Desde a infância, Dante é meu fantasma. Quase de carne e osso. Vibrátil. Tornou-se meu enigma e obsessão. Determinou parte de minhas escolhas e de minhas recusas. Todos os anos volto ao Inferno, Purgatório e Paraíso. Basta entrar uma vez, para nunca mais sair. Um labirinto de beleza.
A morte de Dante é celebrada, mundo afora, com pompa e circunstância, em quase todas as línguas da Terra, para as quais foi traduzida a Divina comédia. Setecentos anos de presença e juventude. Seu decassílabo é fonte cristalina, pura dinâmica e inspiração. Como se Dante estivesse mais vivo do que nunca. Não tanto pelo impulso motor que imprime direção aos cem cantos da Comédia, mas pelo fulgor da poesia, no repertório das imagens, na nitidez de seu olhar.
Os timbres novos e os acentos vários descerram uma viagem audaz no mundo das almas. Terreno até então desconhecido, seu canto renova as potências da linguagem. Severa, sublime, fulgurante. Leitura que produz uma força de tração irresistível, a Terra e o Cosmos. Densidade brutal ou leve transparência, segundo a cartografia dos três reinos. Obra que traduz um tempo misto, ao longo da qual o antigo e o moderno se entrelaçam, liberdade e erudição, matéria e sonho.
Quantos interrogam o mistério de Beatriz e buscam trazê-la ao mundo em que vivemos, num gesto de adesão e profecia. A obra de Dante, em certo e largo sentido, escapa ao controle do autor e da crítica. Tornou-se uma grande metáfora, uma espécie de universo inflacionário. Vive além do espaço-tempo, na longa viagem pelos séculos, entre algas e correntes de leitores, cardumes incontáveis, quase infinitos.
Assim, num país como o Brasil, os olhos de Beatriz confundem-se com os olhos de Diadorim. Nossa Divina comédia passa através do sertão, de Euclides, Rosa e Suassuna.

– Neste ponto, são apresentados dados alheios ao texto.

//! Which values domains have, worked out by hand.
use crate::tests::words;
use crate::{Outcomes, range_of_domain};
use feel_text::read_tests;
use std::process::Abort;
use std::test::Fail;

const ANY: &str = "null true false -9223372036854775807..9223372036854775807 text list context ";

const ANY_BUT_NULL: &str =
    "true false -9223372036854775807..9223372036854775807 text list context ";

/// A domain, and its values.
const DOMAINS: &[(&str, &str)] = &[
    ("-", ANY),
    ("[0..120]", "0..120 "),
    ("(0..120)", "1..119 "),
    ("]0..120[", "1..119 "),
    ("(0..1)", ""),
    ("[5..1]", ""),
    ("[-3..-3]", "-3..-3 "),
    ("< 5", "-9223372036854775807..4 "),
    ("<= 5", "-9223372036854775807..5 "),
    ("> 5", "6..9223372036854775807 "),
    (">= 5", "5..9223372036854775807 "),
    ("< 60 * 24", "-9223372036854775807..1439 "),
    ("< -9223372036854775807", ""),
    ("> 9223372036854775807", ""),
    (
        "<= -9223372036854775807",
        "-9223372036854775807..-9223372036854775807 ",
    ),
    ("1, 3", "1..3 "),
    ("3, 1, null", "null 1..3 "),
    ("[0..9], > 90", "0..9223372036854775807 "),
    ("\"ja\", \"nein\"", "\"ja\" \"nein\" "),
    ("\"ja\", 7", "7..7 \"ja\" "),
    ("\"ja\", < \"b\"", "text "),
    ("< \"b\"", "text "),
    ("[\"a\"..\"c\"]", "text "),
    ("[1..\"c\"]", ""),
    ("null", "null "),
    ("missing", "null "),
    ("< null", ""),
    ("< true", ""),
    ("true", "true "),
    ("true, false", "true false "),
    ("[1, 5]", ANY),
    ("not(null)", ANY_BUT_NULL),
    ("not(1, null)", ANY_BUT_NULL),
    ("not(missing)", ANY_BUT_NULL),
    ("not(1)", ANY),
    ("not(\"a\", \"b\")", ANY),
    ("not(< 5)", ANY),
];

#[test]
fn domains_have_their_values(rt: HostRuntime) -> Result<(), Fail> {
    let alloc = rt.alloc();
    for (text, want) in DOMAINS {
        let tests = read_tests(alloc, text)?;
        let got = words(alloc, Outcomes::given(range_of_domain(alloc, &tests)))?;
        assert_eq!(&rt; (*text, got.as_str()), (*text, *want));
    }
    Ok(())
}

Não abandona a literatura de cordel, os romances antigos, o alfabeto de vaqueiros e a linguagem armorial, que rege a presente exposição.
A leitura passa pelo Barroco, em que se prolonga, transfigurado, o tempo de Dante, nas igrejas coloniais, altares e torres antigas, onde dobram os sinos de Ouro Preto, Salvador e Paraty.Chega à Semana de Arte Moderna, com A divina increnca, e às escolas de samba.
Nossa abordagem dantesca possui leitores de águas claras: Camões, Vieira e Pessoa. E desta suma trindade, outra se acrescenta, não menos admirável: Murilo Mendes, Cabral e Drummond. E me permitam acrescentar: Jorge de Lima e Joaquim Cardozo.
A política entra na corrente sanguínea da Divina comédia. Escrita no exílio, o poeta criticou duramente o que lhe parecia indigno, sem meias-palavras, papas e imperadores, leigos e padres. Defendeu a separação entre poder temporal e poder espiritual.
A república e a poesia, tão caras ao poeta, não fogem ao olhar de Beatriz. Na distopia, impõe-se pensar o bom lugar. Assim, a transição do Inferno ao Paraíso reflete a crise de seu tempo. Sinal de quem se rebela e sonha com uma nova ordem.
Estamos dentro da Divina comédia. Nessa metáfora de vidros claros. Em sua translúcida beleza. Nela desenhamos parte de um destino. Beatriz nos cumprimenta do futuro, até onde nossos olhos podem alcançá-la.